> _TASK REQUIREMENTS_: Look over the data below and give the number of lines containing the word "from", with no other words.

*** GIVEN RECORDS Section Begins ***

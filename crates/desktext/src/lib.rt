// The desk: what its lines mean, and what it prints for an input that arrives in pieces: the board opened, each report answered, the rows shown.

#![tactic(auto)]

ghost use Rattle.std.specs.Prelude.{◌≡◌, drop, MatchResult};
ghost use Rattle.text.specs.Put.{Put};
ghost use Rattle.desktext.specs.Line.{shown_text, read_owned, read_runways, list_found, opening_line, read_sender, report_line};
ghost use Rattle.board.specs.Board.{answer};
ghost use Rattle.board.specs.Report.{report};
ghost use Rattle.desktext.specs.Code.Held.{HeldSpace, HeldOwned};
ghost use Rattle.desktext.specs.Desk.{answer_line, shown_rows, refused_text, desk_text, desk_board};
ghost use Rattle.desktext.specs.Pieces.{opened_standing, opened_line, board_of, after_line, line_answer, end_answer};
ghost use Rattle.desktext.specs.Pieces.{start_state, begun, kept_byte, without_return, fed_state, fed_text, last_standing, last_text, finish_text};
ghost use Rattle.text.specs.Names.{is_space, read_count};
ghost use Rattle.text.specs.Read.{whole};
ghost use Rattle.text.specs.Refusals.{number};
ghost use Rattle.text.specs.Code.Held.{Held};

use board::{
    Answer, BLANK_RUNWAY, Board, MOST_RUNWAYS, Runway, Sent, blank_board, open, refused_opening,
    updated,
};
use fill::{in_rest, put, put_number, told_behind};
use frontlines::read_aerodrome;
use row::{Row, valid_row};
use rowtext::{find_row, put_any_row};
use runway::read_runway;
use scan::{digits, word};
use text::refusal::Refusal;
use text::{Found, LONGEST, place};

// ---- The desk's lines

// Runways and their owners in their arrays, zeros past the count.
// stays: C interface
#[repr(C)]
#[derive(Clone, Copy)]
pub struct RunwayList {
    pub count: u8,
    pub runways: [Runway; 8],
    pub owners: [u8; 8],
}

// A runway, its owner, and the place behind them.
#[derive(Clone, Copy)]
struct OwnedFound {
    runway: Runway,
    owner: u8,
    next: usize,
}

// The place behind one space at `i`.
fn past_space(s: &[u8], i: usize) -> Option<usize>
    ensures { HeldSpace s.now (read_count is_space 1 (drop i s.now)) result }
{
    if i < s.len() && s[i] == b' ' {
        Some(i + 1)
    } else {
        None
    }
}

// One space, a runway, and its owner behind a slash at `i`.
fn owned_runway(s: &[u8], i: usize) -> Option<OwnedFound>
    ensures { HeldOwned s.now (read_owned (drop i s.now)) result }
{
    let at = past_space(s, i)?;
    let w = read_runway(s, at)?;
    let slash = word(s, w.next, b"/", 0)?;
    let owner = digits(s, slash.next, 1)?;
    Some(OwnedFound {
        runway: Runway {
            number: w.number,
            side: w.side,
        },
        owner: owner.value as u8,
        next: owner.next,
    })
}

// The runways with their owners up to the end of the line, each read at its place.
fn runway_list(s: &[u8]) -> Option<RunwayList>
    ensures { result ≡ list_found (whole (read_runways s.now)) }
{
    let mut list = RunwayList {
        count: 0,
        runways: [BLANK_RUNWAY; 8],
        owners: [0; 8],
    };
    let mut at = 0;
    // stays: no plainer: a step is as long as what it reads
    while at < s.len() {
        if list.count == MOST_RUNWAYS {
            return None;
        }
        let found = owned_runway(s, at)?;
        list.runways[list.count as usize] = found.runway;
        list.owners[list.count as usize] = found.owner;
        list.count += 1;
        at = found.next;
    }
    Some(list)
}

const AERODROME_SIZE: usize = 4;

// The board that a line with the aerodrome and the owned runways, parted by one space, opens; 17 and the blank board for any other line.
fn open_line(line: &[u8]) -> Answer
    ensures { result ≡ opening_line line.now }
{
    if line.len() < AERODROME_SIZE {
        return refused_opening();
    }
    let Some(aerodrome) = read_aerodrome(&line[..AERODROME_SIZE]) else {
        return refused_opening();
    };
    let Some(list) = runway_list(&line[AERODROME_SIZE..]) else {
        return refused_opening();
    };
    open(aerodrome, list.count, list.runways, list.owners)
}

// The desk that a row line starts with: one digit, and exactly one space.
#[tactic(auto, unfolding(crate::specs::Line::read_sender))]
fn sender(line: &[u8]) -> Option<Found>
    ensures { Held line.now (read_sender line.now) result }
{
    let desk = digits(line, 0, 1)?;
    let next = past_space(line, desk.next)?;
    Some(Found {
        value: desk.value,
        next,
    })
}

// The report that a line tells, or why it tells none: it does not start with a desk or is over 4,096 bytes, or what stands behind is no row.
fn read_report(line: &[u8]) -> Result<Sent, Refusal>
    ensures { MatchResult result
        (λ x. (b : Board) → report_line b line.now ≡ report b x.desk x.row)
        (λ e. (b : Board) → report_line b line.now ≡ answer (number e) b) }
{
    if LONGEST < line.len() {
        return Err(Refusal::NoRow);
    }
    let Some(start) = sender(line) else {
        return Err(Refusal::NoRow);
    };
    match find_row(&line[start.next..]) {
        Ok(row) => Ok(Sent {
            desk: start.value,
            row,
        }),
        Err(fault) => Err(fault.refusal),
    }
}

// The report that a line is, taken or refused; a line that is none leaves the board as it was.
fn report_line(b: Board, line: &[u8]) -> Answer
    ensures { result ≡ report_line b line.now }
{
    match read_report(line) {
        Ok(x) => updated(b, x),
        Err(refusal) => Answer {
            refusal: refusal.number(),
            board: b,
        },
    }
}

// The row's canonical line; nothing for a row that is not valid, so for zeros.
#[tactic(auto, using(crate::proofs::Lines::no_line))]
fn put_line(rest: &mut [u8], r: Row) -> usize
    ensures { Put 0 (shown_text r) rest.old rest.new result }
{
    if !valid_row(r) {
        return put(rest, 0, b"");
    }
    let at = put_any_row(rest, r);
    put(rest, at, b"\n")
}

// ---- What the desk prints

// The answer to a report: its refusal number, or 0, on a line of its own.
fn put_answer(out: &mut [u8], at: usize, n: u8) -> usize
    ensures { Put at (answer_line n) out.old out.new result }
{
    let at = put_number(out, at, n);
    put(out, at, b"\n")
}

// The line of a row shown, in the rest of the buffer from `at` on.
fn shown_at(out: &mut [u8], at: usize, r: Row) -> usize
    ensures { Put at (shown_text r) out.old out.new result }
{
    in_rest(out, at, |rest| put_line(rest, r))
}

// The rows shown, in board order.
fn put_rows(out: &mut [u8], at: usize, b: Board) -> usize
    ensures { Put at (shown_rows 8 b) out.old out.new result }
{
    let mut behind = told_behind(out, at, 0);
    for &r in &b.rows {
        behind = shown_at(out, behind, r);
    }
    behind
}

fn put_refused(out: &mut [u8], at: usize) -> usize
    ensures { Put at refused_text out.old out.new result }
{
    put(out, at, b"REFUSED 17\n")
}

// ---- Line by line

// Where the desk stands between two lines: it waits for its first one, keeps a board, or is over, since its opening was refused.
#[derive(Clone, Copy)]
pub enum Standing {
    Waiting,
    Keeping(Board),
    Over,
}

impl Standing {
    // The board that the desk keeps; blank where none is opened.
    fn board(self) -> Board
        ensures { result ≡ board_of self }
    {
        match self {
            Standing::Keeping(b) => b,
            Standing::Waiting | Standing::Over => blank_board(),
        }
    }
}

// The desk after a line, and the place behind what was put.
#[derive(Clone, Copy)]
struct Turn {
    standing: Standing,
    behind: usize,
}

// The first line: it opens the board, or the desk is over.
fn take_opening(line: &[u8], out: &mut [u8], at: usize) -> Turn
    ensures standing_value { result.standing ≡ opened_standing (opening_line line.now) }
    ensures put { Put at (opened_line (opening_line line.now)) out.old out.new result.behind }
{
    let a = open_line(line);
    if a.refusal != 0 {
        return Turn {
            standing: Standing::Over,
            behind: put_refused(out, at),
        };
    }
    Turn {
        standing: Standing::Keeping(a.board),
        behind: put(out, at, b"OPEN\n"),
    }
}

// A further line: a report.
fn take_report_line(b: Board, line: &[u8], out: &mut [u8], at: usize) -> Turn
    ensures standing_value { result.standing ≡ Standing.Keeping (report_line b line.now).board }
    ensures put { Put at (answer_line (report_line b line.now).refusal) out.old out.new result.behind }
{
    let a = report_line(b, line);
    Turn {
        standing: Standing::Keeping(a.board),
        behind: put_answer(out, at, a.refusal),
    }
}

// One line, and what is printed for it.
#[tactic(auto, using(text::specs::Laws::Put::nothing_put), unfolding(crate::specs::Pieces::after_line, crate::specs::Pieces::line_answer))]
fn take_line(d: Standing, line: &[u8], out: &mut [u8], at: usize) -> Turn
    ensures standing_value { result.standing ≡ after_line d line.now }
    ensures put { Put at (line_answer d line.now) out.old out.new result.behind }
{
    match d {
        Standing::Waiting => take_opening(line, out, at),
        Standing::Keeping(b) => take_report_line(b, line, out, at),
        Standing::Over => Turn {
            standing: d,
            behind: told_behind(out, at, 0),
        },
    }
}

// What is printed at the end of the input.
#[tactic(auto, using(text::specs::Laws::Put::nothing_put), unfolding(crate::specs::Pieces::end_answer))]
fn put_end(out: &mut [u8], at: usize, d: Standing) -> usize
    ensures { Put at (end_answer d) out.old out.new result }
{
    match d {
        Standing::Waiting => put_refused(out, at),
        Standing::Keeping(b) => put_rows(out, at, b),
        Standing::Over => told_behind(out, at, 0),
    }
}

// ---- Piece by piece

const LF: u8 = 10;

const CR: u8 = 13;

// Of a line are kept 4,096 bytes, the CR that may end it, and one more, which tells it to be over-long.
const MOST_KEPT: usize = 4098;

// Where the desk stands, and the bytes of the line that has not ended yet: the first `count` of those held.
#[derive(Clone, Copy)]
pub struct State {
    pub standing: Standing,
    // stays: no heap, so that the bytes stand in fixed memory
    pub held: [u8; 4098],
    pub count: usize,
}

// The state after a piece, and the place behind what was put.
#[derive(Clone, Copy)]
pub struct Fed {
    pub state: State,
    pub behind: usize,
}

// Before the first piece.
pub fn start() -> State
    ensures { result ≡ start_state }
{
    State {
        standing: Standing::Waiting,
        held: [0; 4098],
        count: 0,
    }
}

impl State {
    // The bytes of the line that has not ended.
    fn begun(&self) -> &[u8]
        ensures { result.now ≡ begun self.now }
    {
        let n = place(&self.held, self.count);
        &self.held[..n]
    }

    // One byte more of it, as far as it is kept.
    fn keep(&mut self, b: u8)
        ensures { self.new ≡ kept_byte self.old b }
    {
        if self.count < MOST_KEPT {
            self.held[self.count] = b;
            self.count += 1;
        }
    }
}

// A line without the CR that is part of its end.
#[tactic(auto, using(std::proofs::lemmas::Grind::common_steps, crate::proofs::Steps::return_cut, crate::proofs::Steps::return_kept))]
fn without_return(line: &[u8]) -> &[u8]
    ensures { result.now ≡ without_return line.now }
{
    if line.last() == Some(&CR) {
        &line[..line.len() - 1]
    } else {
        line
    }
}

// One piece more of the input: puts the answers to the lines that end in it, from `at` on and as far as the buffer goes, and answers what is kept.
pub fn feed(s: State, piece: &[u8], out: &mut [u8], at: usize) -> Fed
    ensures state_value { result.state ≡ fed_state s piece.now }
    ensures put { Put at (fed_text s piece.now) out.old out.new result.behind }
{
    let mut state = s;
    let mut behind = at;
    for &b in piece {
        if b == LF {
            let turn = take_line(state.standing, without_return(state.begun()), out, behind);
            state.standing = turn.standing;
            state.count = 0;
            behind = turn.behind;
        } else {
            state.keep(b);
        }
    }
    Fed {
        state,
        behind: told_behind(out, behind, 0),
    }
}

// A last line that lacks its end.
#[tactic(auto, using(text::specs::Laws::Put::nothing_put), unfolding(crate::specs::Pieces::last_standing, crate::specs::Pieces::last_text))]
fn take_last(s: &State, out: &mut [u8], at: usize) -> Turn
    ensures standing_value { result.standing ≡ last_standing s.now }
    ensures put { Put at (last_text s.now) out.old out.new result.behind }
{
    if s.count == 0 {
        return Turn {
            standing: s.standing,
            behind: told_behind(out, at, 0),
        };
    }
    take_line(s.standing, s.begun(), out, at)
}

// The end of the input: puts the answer to a last line that lacks its end, and the rows shown; answers the place behind them.
pub fn finish(s: State, out: &mut [u8], at: usize) -> usize
    ensures { Put at (finish_text s) out.old out.new result }
{
    let turn = take_last(&s, out, at);
    put_end(out, turn.behind, turn.standing)
}

// What the desk prints for a whole input, put as far as the buffer goes; answers how many bytes it has, told up to 65,536 past the buffer's end.
pub fn desk(input: &[u8], out: &mut [u8]) -> usize
    ensures { Put 0 (desk_text input.now) out.old out.new result }
{
    let fed = feed(start(), input, out, 0);
    finish(fed.state, out, fed.behind)
}

// The board that the desk keeps after a whole input; blank where none is opened.
pub fn desk_board(input: &[u8]) -> Board
    ensures { result ≡ desk_board input.now }
{
    // what is printed meanwhile is not wanted
    let mut out = [0; 1];
    let fed = feed(start(), input, &mut out, 0);
    take_last(&fed.state, &mut out, 0).standing.board()
}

*** GIVEN RECORDS Section Ends ***

> _WRITTEN RESPONSE_: 2